The main body 2a is used to drive the air flow to flow through the fan 2, and it includes an impeller 21, a first housing 22, and the like. The first housing 22 has a generally trumpet-shaped cavity inside, the small end of which is located upstream of the large end along the flow direction of the airflow, and the opening at the small end forms the air inlet of the fan 2. The impeller 21 is rotatably arranged in the first housing 22, and is used to suck gas into the fan 2 and make the gas perform a mixed movement of two kinds of axial flow and centrifugal movement. The impeller 21 includes a first blade 211 and a first hub 212. The first blade 211 is a moving blade, which is arranged on the first hub 212 and rotates together with the first hub 212. In some embodiments, the impeller 21 includes 6-20 first blades 211.

The de-rotation part 2b is used to guide the air outlet of the fan 2 and reduce or even eliminate the radial sub-velocity of the air flow out of the main body part 2a to reduce the lateral air outlet of the fan 2 and make the air outlet of the fan 2 better. Mostly concentrated in the central area of the air outlet. The de-rotation part 2b includes a second blade 23, a second hub 24, a second housing 25, and the like. The second housing 25 is connected to the lower end of the first housing 22 and has a hollow chamber having a substantially drum shape. The opening at the lower end of the second housing 25 forms the air outlet of the fan 2. The second hub 24 is fixedly disposed in the hollow cavity of the second housing 25. The second blade 23 is a stationary blade, which is arranged on the second hub 24 and is used to guide the air flow out of the fan 2 after the action of the impeller 21. In some embodiments, the derotation portion 2b includes 6-25 (for example, 15) second blades 23.

Both the air inlet and the air outlet of the fan 2 are circular openings.

In Fig. 2, the maximum diameter of the impeller 21 is denoted as D1. The maximum diameter of the second housing 25 is denoted as D2. The minimum radius of the first hub 212 is denoted as R1. The maximum radius of the second hub 24 is denoted as R2. The height of the second blade 23 is denoted as H.

Referring to Figures 1-2, in some embodiments, the deflector 1 is configured as a deflector, butted with the air inlet of the fan 2, or inserted into the air inlet of the fan 2, to guide the airflow into the fan 2, and to the fan 2 Flow air is guided.

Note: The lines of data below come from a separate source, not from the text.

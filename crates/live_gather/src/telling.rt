// The logs of a floor are held against what each caller knows, and against each other.
ghost use Rattle.std.specs.Prelude.{◌≡◌, ◌<◌, length, slice_get};
ghost use Rattle.floor_rule.specs.Steps.{told_by_pass};
ghost use Rattle.live_gather.specs.Told.{Agrees, Each, HoldsAt, IsFoundIn, IsMet, IsTold, OwnsIn};

use crate::piece::Piece;
use floor_rule::{Note, SharedWords, laws};
use room_parts::{FloorName, Pass};

// A note of the log at a place, and of what backs each of its entries.
fn tell_at<N: FloorName>(pieces: &mut Vec<Piece<N>>, words: &SharedWords, i: usize) -> Note
    requires table { words.now.table ≡ N.table }
    requires place { i < length pieces.old.items }
    ensures same { pieces.new.items ≡ pieces.old.items }
    ensures table { result.table ≡ N.table }
    ensures tells { HoldsAt (λ l. IsTold (length N.cards) l result.lists) i pieces.old.items }
{
    pieces[i].tell(words)
}

// The log at a place is held against what the note tells.
fn check_at<N: FloorName>(pieces: &mut Vec<Piece<N>>, words: &SharedWords, i: usize, note: Note)
    requires table { words.now.table ≡ N.table }
    requires note { note.table ≡ N.table }
    requires place { i < length pieces.old.items }
    ensures same { pieces.new.items ≡ pieces.old.items }
    ensures agrees { HoldsAt (Agrees note.lists) i pieces.old.items }
{
    pieces[i].check(words, note);
}

// Each log is held against all that a pass knows.
fn check_all<N: FloorName>(pieces: &mut Vec<Piece<N>>, words: &SharedWords, pass: &mut Pass<N>)
    requires table { words.now.table ≡ N.table }
    ensures same { (pieces.new.items ≡ pieces.old.items) × (pass.new ≡ pass.old) }
    ensures agree { Each (Agrees (told_by_pass pass.old.knows)) pieces.old.items }
{
    for i in 0..pieces.len() {
        let note = pass.tell(words);
        check_at(pieces, words, i, note);
    }
}

// A pass is told each log, and looks whose entries it has.
fn look_at_all<N: FloorName>(pieces: &mut Vec<Piece<N>>, words: &SharedWords, pass: &mut Pass<N>)
    requires table { words.now.table ≡ N.table }
    ensures same { pieces.new.items ≡ pieces.old.items }
    ensures own { Each (OwnsIn pass.old.knows.number pass.old.knows.calls) pieces.old.items }
{
    for i in 0..pieces.len() {
        let note = tell_at(pieces, words, i);
        pass.hear(words, note);
        pass.look(words);
    }
}

// The logs and a pass are held against each other.
fn meet<N: FloorName>(pieces: &mut Vec<Piece<N>>, words: &SharedWords, mut pass: Pass<N>)
    requires table { words.now.table ≡ N.table }
    ensures same { pieces.new.items ≡ pieces.old.items }
    ensures met { IsMet (length N.cards) pieces.old.items pass }
{
    pass.look(words);
    check_all(pieces, words, &mut pass);
    look_at_all(pieces, words, &mut pass);
}

/// The logs and each of some passes are held against each other.
pub(crate) fn meet_all<N: FloorName>(
    pieces: &mut Vec<Piece<N>>,
    words: &SharedWords,
    mut passes: Vec<Pass<N>>,
)
    requires table { words.now.table ≡ N.table }
    ensures same { pieces.new.items ≡ pieces.old.items }
    ensures met { Each (IsMet (length N.cards) pieces.old.items) passes.items }
{
    while let Some(pass) = passes.pop() {
        meet(pieces, words, pass);
    }
}

// Each log is held against what that at a place tells.
fn find_of<N: FloorName>(pieces: &mut Vec<Piece<N>>, words: &SharedWords, own: usize)
    requires table { words.now.table ≡ N.table }
    requires place { own < length pieces.old.items }
    ensures same { pieces.new.items ≡ pieces.old.items }
    ensures found { HoldsAt (λ l. Each (IsFoundIn (length N.cards) l) pieces.old.items) own pieces.old.items }
{
    laws::lists();
    for i in 0..pieces.len() {
        let note = tell_at(pieces, words, own);
        check_at(pieces, words, i, note);
    }
}

/// Each log is held against what each tells: the causes of its entries are found.
pub(crate) fn find_causes<N: FloorName>(pieces: &mut Vec<Piece<N>>, words: &SharedWords)
    requires table { words.now.table ≡ N.table }
    ensures same { pieces.new.items ≡ pieces.old.items }
    ensures found { Each (λ l. Each (IsFoundIn (length N.cards) l) pieces.old.items) pieces.old.items }
{
    for i in 0..pieces.len() {
        find_of(pieces, words, i);
    }
}
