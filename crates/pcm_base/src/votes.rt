// The votes of a group on one act, and the act with its votes.
ghost use Rattle.std.specs.Prelude.{◌≡◌, ◌<◌, ◌++◌, ◌∷◌, [], length};

use crate::{Act, Outcome, Vote};
use arrayvec::ArrayVec;
use std::marker::Model;

/// Up to 16 votes, in link order. Contracts see the list.
#[derive(Drop)]
pub struct Votes {
    items: ArrayVec<Vote, 16>,
}

impl Model for Votes {
    ghost use Rattle.std.specs.Prelude.{List};
    ghost use Rattle.pcm_base.specs.declared.act.Vote.{Vote};

    ghost Value = { List Vote };

    ghost view = { λ v. v.items.items };
}

impl Votes {
    /// No vote.
    pub fn new() -> Votes
        ensures { result ≡ [] }
    {
        Votes {
            items: ArrayVec::new(),
        }
    }

    /// Puts a vote behind the others.
    pub fn push(&mut self, vote: Vote)
        requires { length self.old < 16 }
        ensures { self.new ≡ self.old ++ vote ∷ [] }
    {
        self.items.push(vote);
    }

    /// The votes, in order.
    pub fn as_slice(&self) -> &[Vote]
        ensures { result.now ≡ self.now }
    {
        self.items.as_slice()
    }
}

/// An act, what each member said to it, and what became of it. This project's own.
#[derive(Drop)]
pub struct Acted {
    pub act: Act,
    pub outcome: Outcome,
    pub votes: Votes,
}

// A list of acts fills its unused places with a blank one.
impl Default for Acted {
    fn default() -> Acted {
        Acted {
            act: Act::Watch,
            outcome: Outcome::Done,
            votes: Votes::new(),
        }
    }
}
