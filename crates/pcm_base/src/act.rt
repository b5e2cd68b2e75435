// Acts over a group, and what each member says to them.
use crate::{Errno, State, SubId};

/// What the core asks of a card (`SNDRV_PCM_TRIGGER_*`).
#[derive(Clone, Copy, Debug, PartialEq, Eq)]
pub enum Trigger {
    Start,
    Stop,
    PausePush,
    PauseRelease,
    Suspend,
    Resume,
}

/// What is made over every member of a group at once (the `struct action_ops` of `pcm_native.c`). `Stop` leaves
/// SETUP or XRUN; a `Prepare` with `stop_first` stops what runs; `Watch` asks whether a drain has ended.
#[derive(Clone, Copy, Debug, PartialEq, Eq)]
pub enum Act {
    Start,
    Stop(State),
    Prepare { stop_first: bool },
    Pause,
    Release,
    Suspend,
    Resume,
    Drain,
    Watch,
}

/// What one member says to an act: it goes along, it refuses, its card fails, or it was never asked. This project's
/// own.
#[derive(Clone, Copy, Debug, PartialEq, Eq, Default)]
pub enum Vote {
    #[default]
    Yes,
    Refuse(Errno),
    Fail,
    Unasked,
}

/// What becomes of an act: every member has changed, or one has refused or failed and none has (`snd_pcm_action_group`).
#[derive(Clone, Copy, Debug, PartialEq, Eq)]
pub enum Outcome {
    Done,
    Refused(SubId, Errno),
    Failed(SubId),
}

/// What an update of the hardware pointer finds (`snd_pcm_update_state`).
#[derive(Clone, Copy, Debug, PartialEq, Eq)]
pub enum Updated {
    Nothing,
    DrainDone,
    StopXrun,
}
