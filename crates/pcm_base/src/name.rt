// A name of the shelf.
ghost use Rattle.std.specs.Prelude.{◌≡◌, true};
ghost use Rattle.std.specs.List.{list_all};
ghost use Rattle.pcm_base.specs.Name.{is_name, is_name_byte_of, option_if};

use arrayvec::ArrayVec;
use std::marker::Model;

/// The name of a file on the shelf: 1 to 64 bytes of `a` to `z`, `0` to `9`, `.`, `_` and `-`, the first not `.`. This
/// project's own. Contracts see the list.
#[derive(Drop)]
pub struct Name {
    items: ArrayVec<u8, 64>,
}

impl Model for Name {
    ghost use Rattle.std.specs.Prelude.{List, ℕ, ◌≡◌, true};
    ghost use Rattle.pcm_base.specs.Name.{is_name};

    ghost Value = { List ℕ };

    ghost view = { λ n. n.items.items };

    ghost invariant = { λ n. is_name n.items.items ≡ true };
}

fn is_name_byte(b: u8) -> bool
    ensures { result ≡ is_name_byte_of b }
{
    matches!(b, b'a'..=b'z' | b'0'..=b'9' | b'.' | b'_' | b'-')
}

fn all_name_bytes(bytes: &[u8]) -> bool
    ensures { result ≡ list_all is_name_byte_of bytes.now }
{
    bytes.iter().all(|b| is_name_byte(*b))
}

fn is_name_text(bytes: &[u8]) -> bool
    ensures { result ≡ is_name bytes.now }
{
    !bytes.is_empty() && bytes.len() <= 64 && bytes[0] != b'.' && all_name_bytes(bytes)
}

impl Name {
    /// These bytes as a name; None exactly where they are none.
    pub fn of(bytes: &[u8]) -> Option<Name>
        ensures { result ≡ option_if (is_name bytes.now) bytes.now }
    {
        if !is_name_text(bytes) {
            return None;
        }
        let mut items: ArrayVec<u8, 64> = ArrayVec::new();
        match items.try_extend_from_slice(bytes) {
            Ok(()) => Some(Name { items }),
            Err(_) => None,
        }
    }

    /// The bytes of the name.
    pub fn as_slice(&self) -> &[u8]
        ensures value { result.now ≡ self.now }
        ensures name { is_name self.now ≡ true }
    {
        self.items.as_slice()
    }
}
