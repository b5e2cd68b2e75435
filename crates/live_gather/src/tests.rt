// A floor of two cards is gathered, of which a client has linked the first to the second while both were closed.
ghost use Rattle.std.specs.Prelude.{◌≡◌, ◌<◌, ◌∷◌, [], ℕ, length};
ghost use Rattle.card_emul.specs.Limits.{basic};
ghost use Rattle.pcm_base.specs.declared.state.Dir.TheVariants.{Playback as PlaybackDir};
ghost use Rattle.pcm_base.specs.declared.state.State.TheVariants.{Closed};
ghost use Rattle.floor_rule.specs.declared.entry.EntryMark.TheVariants.{Called};
ghost use Rattle.room_parts.specs.Links.{link_entry};
ghost use Rattle.live_gather.specs.Pieces.{log_of};

use super::*;
use card_emul::AnyCard;
use floor_rule::{Maker, SharedWords};
use pcm_base::{ClientId, Dir, Errno, Model, Reply, State, SubId};
use pcm_stream::{Member, Substream};
use room_parts::{Caller, FloorName, Linked, Pass, Rec, link_on};
use sleepers::Sleepers;
use std::alloc::{AllocError, Global};
use std::marker::Brand;
use std::test::Fail;

const CLIENT: ClientId = ClientId(3);

// A link of two closed substreams, which is refused.
const LINK: Linked = Linked {
    client: CLIENT,
    first: SubId(0),
    second: SubId(1),
    first_state: State::Closed,
    second_state: State::Closed,
    second_linked: false,
    reply: Reply::Err(Errno::Enxio),
};

// A rec whose log has that link alone, with a new member.
fn piece<N: FloorName>(alloc: Global, rec: Rec<N>) -> Piece<N>
    requires cards { (N.cards ≡ (basic, PlaybackDir) ∷ (basic, PlaybackDir) ∷ []) × (N.long_max ≡ 2147483647) }
    requires card { rec.knows.sub < 2 }
    requires log { (n : ℕ) × (k : ℕ) × (rec.knows.log ≡ record { entry = link_entry LINK; mark = Called Closed 0 n k 0 } ∷ []) }
    ensures { result ≡ log_of rec.knows }
{
    let sub = rec.sub();
    let card = AnyCard::new(alloc, Model::Basic, Dir::Playback);
    let stream = Substream::new(alloc, card, Dir::Playback, 2_147_483_647);
    let member = Member {
        sub,
        stream,
        sleepers: Sleepers::new(),
    };
    Piece::new(rec, member)
}

// Of each entry the number of its substream, and how many entries its log has.
fn gathering<N: FloorName>(
    alloc: Global,
    words: SharedWords,
    mut maker: Maker,
) -> Result<[(u8, usize); 2], AllocError>
    requires words { words ≡ record { table = N.table; cards = 2 } }
    requires cards { (N.cards ≡ (basic, PlaybackDir) ∷ (basic, PlaybackDir) ∷ []) × (N.long_max ≡ 2147483647) }
    requires maker { maker ≡ record { table = N.table; knows = record { recs = 0; passes = 0; roll = [] } } }
{
    let mut first = Rec::<N>::new(alloc, maker.add_rec(&words));
    let mut second = Rec::<N>::new(alloc, maker.add_rec(&words));
    let mut pass = Pass::<N>::new(maker.add_pass(&words), Caller::Client(CLIENT));
    first.reserve()?;
    second.reserve()?;
    link_on(&words, &mut first, &mut second, &mut pass, &LINK, 0, 0);
    let mut pieces = Vec::with_capacity(alloc, 2)?;
    pieces.push_reserved(piece(alloc, second));
    pieces.push_reserved(piece(alloc, first));
    let mut clients = Vec::with_capacity(alloc, 1)?;
    clients.push_reserved(pass);
    let all = Vec::with_capacity(alloc, 2)?;
    let all = gather(&words, maker, pieces, clients, Vec::new(alloc), all);
    Ok([
        (all[0].log.sub.0, all[0].log.entries.len()),
        (all[1].log.sub.0, all[1].log.entries.len()),
    ])
}

#[test]
fn a_refused_link_stands_once_in_each_log(rt: HostRuntime) -> Result<(), Fail> {
    let (words, maker) = SharedWords::new(rt.alloc(), 2)?;
    let found = gathering::<Brand>(rt.alloc(), words, maker)?;
    assert_eq!(rt; found[0], (0, 1));
    assert_eq!(rt; found[1], (1, 1));
    Ok(())
}
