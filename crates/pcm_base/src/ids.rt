// Who calls, and on what.

/// The number of a substream, 0 to 15. This project's own.
#[derive(Clone, Copy, Debug, PartialEq, Eq)]
pub struct SubId(pub u8);

/// The number of a client, 0 to 15. This project's own.
#[derive(Clone, Copy, Debug, PartialEq, Eq)]
pub struct ClientId(pub u8);
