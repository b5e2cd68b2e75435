// Calls in progress.
use crate::{ClientId, Layout, Mode};

/// A transfer on its way: `rest` frames are still to move, `moved` have moved already.
#[derive(Clone, Copy, Debug, PartialEq, Eq)]
pub struct Xfer {
    pub writing: bool,
    pub layout: Layout,
    pub mode: Mode,
    pub rest: u64,
    pub moved: u64,
}

/// What a call in progress waits for: so many frames to be available for a transfer, or the end of a drain.
#[derive(Clone, Copy, Debug, PartialEq, Eq)]
pub enum Task {
    Transfer(Xfer, u64),
    Drain,
}

/// A call in progress. It is awake once it may no longer wait.
#[derive(Clone, Copy, Debug, PartialEq, Eq)]
pub struct Sleeper {
    pub client: ClientId,
    pub asleep: bool,
    pub task: Task,
}
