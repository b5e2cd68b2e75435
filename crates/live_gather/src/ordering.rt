// What was gathered is put in the order of the numbers, in place.
ghost use Rattle.std.specs.Prelude.{◌≡◌, ◌<◌, length};
ghost use Rattle.live_gather.specs.Ordered.{AreAmong, AreInOrder, HasAll, HasSub, IsAt};

use crate::gathered::Gathered;

// Where that of the substream of this number stands, which is among them.
fn place_of(all: &Vec<Gathered>, number: usize) -> usize
    requires there { HasSub number all.now.items }
    ensures within { result < length all.now.items }
    ensures place { IsAt number result all.now.items }
{
    for i in 0..all.len() {
        if usize::from(all[i].log.sub.0) == number {
            return i;
        }
    }
    unreachable!()
}

/// Puts them in the order of their numbers, which are those below their count.
pub(crate) fn put_in_order(all: &mut Vec<Gathered>)
    requires whole { HasAll (length all.old.items) all.old.items }
    ensures size { length all.new.items ≡ length all.old.items }
    ensures order { AreInOrder (length all.new.items) all.new.items }
    ensures among { AreAmong all.new.items all.old.items }
{
    for number in 0..all.len() {
        let place = place_of(all, number);
        all.swap(number, place);
    }
}
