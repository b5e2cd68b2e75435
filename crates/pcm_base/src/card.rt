// A card as the core sees it.
ghost use Rattle.std.specs.Prelude.{◌≡◌, ◌<◌, ◌≤◌, ◌+◌, ◌&&◌, ℕ, length, ◌↔◌, IsOk, IsSome, OnOk, OnErr, IfErr, IfSome, is_err, false};
ghost use Rattle.std.specs.Option.{ForSome, ForNone};
ghost use Rattle.pcm_base.specs.Causes.{HasCause};
ghost use Rattle.pcm_base.specs.Shape.{IsSoundShape, AreFrames};
ghost use Rattle.pcm_base.specs.CardFacts.{CardFacts, HasChannels, consults, first_set, triggered, tripped, undone, configured, rewound_card, took, gave, given_bytes, loaded, planned, cleared};

use crate::{CardModel, Errno, Shape, Trigger};
use std::alloc::AllocError;

/// A call on the outside that did not succeed, and that the outside counted.
#[derive(Clone, Copy, Debug, PartialEq, Eq)]
pub struct Failed;

/// A trigger that the card did not make, and that it counted.
#[derive(Clone, Copy, Debug, PartialEq, Eq)]
pub struct CardFailed;

/// A card that takes a playback client's frames or gives a capture client's (the operations of `struct snd_pcm_ops`).
/// Its position is counted modulo the buffer; it has a count of the triggers that failed. That it is told of its
/// fault plan, its frames to give and the room for frames taken is this project's own. No call but `reserve` and
/// `give` takes memory.
pub trait Card {
    /// What the card is.
    ghost facts: { Self → CardFacts };

    /// The bytes for which it has room.
    ghost room: { Self → ℕ };

    /// How often a trigger has failed.
    ghost faults: { Self → ℕ };

    /// The card's limits, which no call changes.
    fn model(&self) -> &CardModel
        ensures value { result.now ≡ (facts self.now).model }
        ensures channels { HasChannels result.now };

    /// Starts or stops the card. Stop and Suspend never fail; a card that tells its fault plan fails exactly where the
    /// plan says so.
    fn trigger(&mut self, t: Trigger) -> Result<(), CardFailed>
        ensures ok { OnOk result (facts self.new ≡ triggered (facts self.old) t) }
        ensures err { OnErr result (facts self.new ≡ tripped (facts self.old) t) }
        ensures plan { IfSome (facts self.old).plan (λ plan. is_err result ≡ (consults t && first_set plan)) }
        ensures never { consults t ≡ false → IsOk result }
        ensures cause { HasCause (faults self.old) (faults self.new) result };

    /// Takes back a trigger that changed whether the card runs.
    fn undo(&mut self, t: Trigger)
        ensures after { facts self.new ≡ undone (facts self.old) t }
        ensures kept { faults self.new ≡ faults self.old };

    /// Whether it runs.
    fn runs(&self) -> bool
        ensures { result ≡ (facts self.now).runs };

    /// The position in frames, below the buffer of the last set-up; 0 before the first (`pointer` of
    /// `struct snd_pcm_ops`).
    fn position(&self) -> u64
        ensures value { result ≡ (facts self.now).position }
        ensures below { ForSome (facts self.now).shape (λ s. result < s.buffer) }
        ensures before { ForNone (facts self.now).shape (result ≡ 0) };

    /// Sets the card up for this shape: it stands at position 0, with no frames taken and none to give.
    fn set_up(&mut self, shape: &Shape)
        requires { IsSoundShape shape.now }
        ensures after { facts self.new ≡ configured (facts self.old) shape.now }
        ensures kept { faults self.new ≡ faults self.old };

    /// Puts the position back to 0.
    fn to_start(&mut self)
        ensures after { facts self.new ≡ rewound_card (facts self.old) }
        ensures kept { faults self.new ≡ faults self.old };

    /// Makes room for so many more bytes to take. An error changes nothing.
    fn reserve(&mut self, bytes: u64) -> Result<(), AllocError>
        ensures same { facts self.new ≡ facts self.old }
        ensures room { OnOk result (bytes ≤ room self.new) }
        ensures err { OnErr result (room self.new ≡ room self.old) }
        ensures kept { faults self.new ≡ faults self.old };

    /// Takes these frames, and moves on by them.
    fn take(&mut self, frames: &[u8])
        requires set_up { IsSome (facts self.old).shape }
        requires whole { ForSome (facts self.old).shape (λ s. AreFrames s frames.now) }
        requires room { length frames.now ≤ room self.old }
        ensures after { IfSome (facts self.old).shape (λ s. facts self.new ≡ took (facts self.old) s frames.now) }
        ensures room { room self.old ≤ room self.new + length frames.now }
        ensures kept { faults self.new ≡ faults self.old };

    /// Gives the next frames into `out`, zero bytes past their end, and moves on by them.
    fn give_into(&mut self, out: &mut [u8])
        requires set_up { IsSome (facts self.old).shape }
        requires whole { ForSome (facts self.old).shape (λ s. AreFrames s out.old) }
        ensures given { out.new ≡ given_bytes (length out.old) (facts self.old).to_give }
        ensures after { IfSome (facts self.old).shape (λ s. facts self.new ≡ gave (facts self.old) s (length out.old)) }
        ensures kept { faults self.new ≡ faults self.old };

    /// Replaces the frames to give. An error changes nothing.
    fn give(&mut self, frames: &[u8]) -> Result<(), AllocError>
        ensures ok { OnOk result (facts self.new ≡ loaded (facts self.old) frames.now) }
        ensures err { OnErr result (facts self.new ≡ facts self.old) }
        ensures kept { faults self.new ≡ faults self.old };

    /// The frames taken since the last set-up, as bytes.
    fn taken(&self) -> &[u8]
        ensures { result.now ≡ (facts self.now).taken };

    /// Plans the k-th trigger from now that consults the plan to fail; EINVAL where k is not 1 to 64.
    fn fail_at(&mut self, k: u64) -> Result<(), Errno>
        ensures range { IsOk result ↔ ((1 ≤ k) × (k ≤ 64)) }
        ensures einval { IfErr result (λ e. e ≡ Errno.Einval) }
        ensures err { OnErr result (facts self.new ≡ facts self.old) }
        ensures ok { OnOk result (facts self.new ≡ planned (facts self.old) k) }
        ensures kept { faults self.new ≡ faults self.old };

    /// Unsets each entry of the fault plan.
    fn clear_plan(&mut self)
        ensures after { facts self.new ≡ cleared (facts self.old) }
        ensures kept { faults self.new ≡ faults self.old };
}
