// What an event answers.
use crate::{ClientId, Errno, State};

/// What a client sees of a substream: the two pointers below the boundary, and the frames that it may move, all in
/// frames (`struct snd_pcm_mmap_status` and `snd_pcm_mmap_control`).
#[derive(Clone, Copy, Debug, PartialEq, Eq)]
pub struct Page {
    pub state: State,
    pub hw: u64,
    pub appl: u64,
    pub avail: u64,
}

/// What a poll tells (`snd_pcm_poll`).
#[derive(Clone, Copy, Debug, PartialEq, Eq)]
pub enum Ready {
    No,
    Yes,
    Error,
}

/// The answer of an event. Counts are in frames, but `Limit` tells bytes. `Late` tells how many frames may still move
/// before an interrupt.
#[derive(Clone, Copy, Debug, PartialEq, Eq)]
pub enum Reply {
    Ok,
    Frames(u64),
    Moved(u64),
    Delay(i64),
    Ptrs(Page),
    Poll(Ready),
    Asleep,
    Err(Errno),
    Late(u64),
    Idle,
    Limit(u64),
    Busy(ClientId),
    Memory,
}

/// What a step tells: its answer, the state of the substream that it names, and the clients that it marked awake,
/// client i as bit i.
#[derive(Clone, Copy, Debug, PartialEq, Eq)]
pub struct Told {
    pub reply: Reply,
    pub state: Option<State>,
    pub woken: u16,
}
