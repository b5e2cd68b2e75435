// Directions, states and error numbers.
ghost use Rattle.std.specs.Prelude.{◌≡◌};
ghost use Rattle.pcm_base.specs.Numbers.{state_number, errno_number};

/// The direction of a substream (`SNDRV_PCM_STREAM_PLAYBACK`, `SNDRV_PCM_STREAM_CAPTURE`).
#[derive(Clone, Copy, Debug, PartialEq, Eq)]
pub enum Dir {
    Playback,
    Capture,
}

/// The state of a substream (`SNDRV_PCM_STATE_*`). `Closed` is this project's own: no client has opened it.
#[derive(Clone, Copy, Debug, PartialEq, Eq)]
pub enum State {
    Closed,
    Opened,
    Setup,
    Prepared,
    Running,
    Xrun,
    Draining,
    Paused,
    Suspended,
    Disconnected,
}

impl State {
    /// The state's number in `asound.h`, and 15 for `Closed`.
    pub fn number(self) -> u32
        ensures { result ≡ state_number self }
    {
        match self {
            State::Opened => 0,
            State::Setup => 1,
            State::Prepared => 2,
            State::Running => 3,
            State::Xrun => 4,
            State::Draining => 5,
            State::Paused => 6,
            State::Suspended => 7,
            State::Disconnected => 8,
            State::Closed => 15,
        }
    }
}

/// An error number of Linux (`errno-base.h`, `errno.h`).
#[derive(Clone, Copy, Debug, PartialEq, Eq)]
pub enum Errno {
    Eio,
    Enxio,
    Eagain,
    Ebusy,
    Einval,
    Epipe,
    Enosys,
    Ebadfd,
    Estrpipe,
    Ealready,
}

impl Errno {
    /// The number that Linux gives the error.
    pub fn number(self) -> u32
        ensures { result ≡ errno_number self }
    {
        match self {
            Errno::Eio => 5,
            Errno::Enxio => 6,
            Errno::Eagain => 11,
            Errno::Ebusy => 16,
            Errno::Einval => 22,
            Errno::Epipe => 32,
            Errno::Enosys => 38,
            Errno::Ebadfd => 77,
            Errno::Estrpipe => 86,
            Errno::Ealready => 114,
        }
    }
}
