// What is gathered of a card.
use card_emul::AnyCard;
use floor_rule::Entry;
use pcm_base::SubId;
use pcm_stream::Substream;

/// The log of a substream.
#[derive(Drop)]
pub struct Log {
    pub sub: SubId,
    pub entries: Vec<Entry>,
}

/// The log of a substream, and the stream to which it plays.
#[derive(Drop)]
pub struct Gathered {
    pub log: Log,
    pub stream: Substream<AnyCard>,
}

As shown in FIGS. 3-6, the deflector 1 includes a first deflector 11 and a second deflector 12 connected to each other, and the second deflector 12 is arranged at the outer edge of the inlet 1a of the first deflector 11, In addition, the outer edge of the inlet 1a of the first guide portion 11 is flanged and bent, and is connected with the first guide portion 11 to form a flanging portion 1e.

Wherein, the first guide portion 11 is configured as a revolving body, and a guide cavity is arranged inside the guide cavity. The guide cavity has an axis 1d and an inlet 1a and an outlet 1b located at both ends of the first guide portion 11 along the axis 1d. Both the inlet 1a and the outlet 1b are circular openings. The diameter of the outlet 1b is D. When considering the wall thickness of the first air guide 11, the diameter D of the outlet 1b refers to the inner diameter of the first air guide 11 at the outlet 1b.

The second air guide 12 is connected to the outer edge of the inlet 1 a of the first air guide 11 and extends in a direction from the inlet 1 a of the first air guide 11 to the outlet 1 b of the first air guide 11. At this time, the second guide portion 12 is a flanging of the first guide portion 11, and the second guide portion 12 is bent downward relative to the outer edge of the inlet 1 a of the first guide portion 11. The connection between the second guide portion 12 and the first guide portion 11 is the point farthest from the outlet 1b of the flanging portion 1e, or in other words, the connection between the second guide portion 12 and the first guide portion 11 is The highest point of the flanging portion 1e.

The airflow enters the deflector 1 from the first deflector 11, that is, the first deflector 11 is the inlet structure of the deflector 1.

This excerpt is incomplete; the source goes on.